Buik testing Docker Agent Performance across 18 codebases

December 16, 2025

Introduction:

In a recent post, I showcased the CLI tooling we’ve built to enable scalable, repeatable agent testing across a wide range of environments. This tooling allows us to stress-test agents under varied real-world conditions and compare performance consistently.

In this post, I’ll outline how we used that CLI to evaluate our Docker Compose Agent across 18 different codebases, and what we learned from the results.

Methodology

While I won’t go into the details of our proprietary scoring model, the high-level process was straightforward:

  1. We ran the Docker Compose Agent across 18 distinct codebases
  2. The full test run took ~8 hours
  3. Results were manually annotated to validate correctness and outcomes
  4. We used Cursor to visualize and analyze performance trends

This approach allowed us to assess success rates, failure modes, and runtime behavior across a representative sample of production-like setups.

Codebase Composition

By Framework

  • NestJS
  • Django
  • FastAPI
  • Express.js
  • Koa
  • Flask
  • Next.js

By Runtime

  • Python
  • Node.js
  • Bun

By Language

  • Primarily Python and TypeScript

External Dependencies

Many of the tested codebases relied on real infrastructure dependencies, including:

  • PostgreSQL
  • SQLite
  • MongoDB
  • ClickHouse
  • Couchbase
  • MariaDB
  • and others

This ensured the agent was evaluated against realistic Docker Compose setups, not synthetic examples.

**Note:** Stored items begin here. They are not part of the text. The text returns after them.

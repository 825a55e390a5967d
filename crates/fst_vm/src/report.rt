use fst_types::{ChannelHistory, EndName, Path};
use fst_value::Value;

/// A task that waits, and the end at which it does.
#[derive(Drop)]
pub struct Waiting {
    pub task: Path,
    pub end: EndName,
}

/// What a run came to: the value of `main` if its task has ended, the tasks that wait in path order, the channels by
/// their makers and their numbers, and how many events there were.
#[derive(Drop)]
pub struct Report {
    pub result: Option<Value>,
    pub waiting: Vec<Waiting>,
    pub channels: Vec<ChannelHistory>,
    pub events: u64,
}

/// What a run of so many steps comes to.
#[derive(Drop)]
pub enum Outcome {
    Done(Report),
    /// The run has more events.
    OutOfSteps,
}
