ghost use Rattle.std.specs.Prelude.{◌≡◌, ◌<◌, [], drop, IfOk};
ghost use Rattle.std.specs.Vec.{vec_capacity};
ghost use Rattle.fst_machine.specs.Spots.{filled, spread};
ghost use Rattle.fst_value.specs.Stacks.{Makes};
ghost use Rattle.fst_vm.specs.Moves.{HasRoom, bound, ends_in_slot, ends_in_slots, loaded, taken_out, trees_of};

use fst_types::EndName;
use fst_value::{Stack, Value, copy, ends_of};
use std::alloc::{AllocError, Global};
use std::marker::Model;

/// What variables stand for: nothing for those that aren't used any more. Contracts see the innermost first.
#[derive(Drop)]
pub(crate) struct Slots {
    values: Vec<Option<Value>>,
}

impl Model for Slots {
    ghost use Rattle.std.specs.Prelude.{reverse};
    ghost use Rattle.fst_machine.specs.Spots.{Slots};
    ghost use Rattle.fst_vm.specs.TaskCode.{slots_code};

    ghost Value = { Slots };

    ghost coded = { slots_code };

    ghost view = { λ s. reverse s.values.items };
}

impl Slots {
    /// No variables.
    pub(crate) fn new(alloc: Global) -> Slots
        ensures { result ≡ [] }
    {
        Slots {
            values: Vec::new(alloc),
        }
    }

    /// Puts a copy of a variable's value on the stack, and says whether it has one. Where there is no room, nothing changes.
    pub(crate) fn load(&self, alloc: Global, k: u32, stack: &mut Stack) -> Result<bool, AllocError>
        ensures { Makes (loaded k self.now) stack.old result stack.new }
    {
        let k = k as usize;
        let len = self.values.len();
        if len <= k {
            return Ok(false);
        }
        match &self.values[len - 1 - k] {
            Some(value) => {
                stack.replace(0, copy(alloc, value)?)?;
                Ok(true)
            }
            None => Ok(false),
        }
    }

    /// Moves a variable's value to the stack, and says whether it has one. Where there is no room, nothing changes.
    pub(crate) fn take(&mut self, k: u32, stack: &mut Stack) -> Result<bool, AllocError>
        ensures { Makes (taken_out k) (self.old, stack.old) result (self.new, stack.new) }
    {
        let k = k as usize;
        let len = self.values.len();
        if len <= k {
            return Ok(false);
        }
        let done = stack.push_from(&mut self.values[len - 1 - k])?;
        Ok(done)
    }

    /// Makes the last value that of a new variable, and says whether there is one. Where there is no room, nothing changes.
    pub(crate) fn bind(&mut self, stack: &mut Stack) -> Result<bool, AllocError>
        ensures { Makes bound (self.old, stack.old) result (self.new, stack.new) }
    {
        self.values.reserve(1)?;
        match stack.pop() {
            Some(value) => {
                self.values.push(Some(value))?;
                Ok(true)
            }
            None => Ok(false),
        }
    }

    /// Leaves so many variables.
    pub(crate) fn leave(&mut self, count: u32)
        ensures { self.new ≡ drop count self.old }
    {
        let count = count as usize;
        let len = self.values.len();
        if count < len {
            self.values.truncate(len - count);
        } else {
            self.values.clear();
        }
    }

    /// The ends in the variables' values, from the innermost outward, each as often as it stands there.
    pub(crate) fn ends(&self, alloc: Global) -> Result<Vec<EndName>, AllocError>
        ensures { IfOk result (λ ends. ends.items ≡ ends_in_slots self.now) }
    {
        let len = self.values.len();
        let mut ends = Vec::new(alloc);
        for i in 0..len {
            let mut own = own_ends(alloc, &self.values[len - 1 - i])?;
            ends.append(&mut own)?;
        }
        Ok(ends)
    }
}

// The ends in what a variable stands for.
fn own_ends(alloc: Global, slot: &Option<Value>) -> Result<Vec<EndName>, AllocError>
    ensures { IfOk result (λ ends. ends.items ≡ ends_in_slot slot.now) }
{
    match slot {
        Some(value) => ends_of(alloc, value),
        None => Ok(Vec::new(alloc)),
    }
}

/// Room for values of these variables.
pub(crate) fn room_for(alloc: Global, variables: &[u32]) -> Result<Vec<Option<Value>>, AllocError>
    ensures none { IfOk result (λ values. values.items ≡ []) }
    ensures room { IfOk result (λ values. HasRoom (vec_capacity values) variables.now) }
{
    let mut places: usize = 0;
    for variable in variables {
        places = places.max(*variable as usize + 1);
    }
    Vec::with_capacity(alloc, places)
}

// A value for variable k, counted from the innermost one, with as many places as that needs, for which there is room.
fn fill(values: &mut Vec<Option<Value>>, k: usize, value: Value)
    requires { k < vec_capacity values.old }
    ensures values { values.new.items ≡ filled k value values.old.items }
    ensures capacity { vec_capacity values.new ≡ vec_capacity values.old }
{
    while values.len() <= k {
        values.push_reserved(None);
    }
    values[k] = Some(value);
}

/// Variables of which just these have values, as many as there are of both, in the room for them.
pub(crate) fn spread(
    mut room: Vec<Option<Value>>,
    variables: &[u32],
    mut parts: Vec<Value>,
) -> Slots
    requires none { room.items ≡ [] }
    requires room { HasRoom (vec_capacity room) variables.now }
    ensures { result ≡ spread variables.now (trees_of parts.items) }
{
    parts.truncate(variables.len());
    while let Some(part) = parts.pop() {
        fill(&mut room, variables[parts.len()] as usize, part);
    }
    room.reverse();
    Slots { values: room }
}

Check out the video below.

The Results:

Across 19 runs, Docker Compose Agent runs 50% of the time.

Success vs Failure

  • Majority of runs succeed
    • Successful states are RUNNING and RUNNING_HEALTHY
    • RUNNING_HEALTHY is the dominant steady state
  • Failures are clean and binary
    • All failures end in EXITED
    • Failures consistently have valid=false
  • No gray states
    • No partial, degraded, or ambiguous outcomes

Latency

  • Successful runs
    • Fastest: ~50s–2m
    • Typical: ~3–7m
    • Long tail: ~9–12m+
  • Failed runs
    • Can fail early or late (up to ~17m)
    • Latency is not predictive of success

Takeaway: Longer runtime does not increase success probability; failures are not timeout-driven.

Summary of results

Runtime

  • Docker-based runtimes (Python, Node.js) have the highest exit rates.
  • Managed runtimes (Cloud Run, Lambda) show only healthy outcomes.
  • Bun performs cleanly with no exits.
  • Encore runtime consistently exits → likely unsupported or misconfigured.
Breakdown by Framework

Language

  • TypeScript has the strongest success profile despite higher volume.
  • Python shows disproportionately more exits relative to successes.
Breakdown by language

Conclusion

The current 50:50 success:fail rate could be down the following

  • Docker File Dependency: A key finding was that success rates are much higher when a Dockerfile is present in the repository, and the agent often fails or gives up when there is no Dockerfile.
  • LLM Behavior: The LLM was observed to go into loops, spending a long time trying to fix or build a Docker image, especially when no Dockerfile exists.

Next steps:

  • More tests and increased logging
  • Proposed Solution: The developer suggested splitting the Docker Compose agent's role, with a separate agent dedicated to creating a valid Dockerfile, to improve the overall performance of Docker Compose generation.
  • Context Missing: The LLM was noted to be missing a lot of context, and there is suspicion that it may not be correctly accessing existing Dockerfiles and Docker Compose files.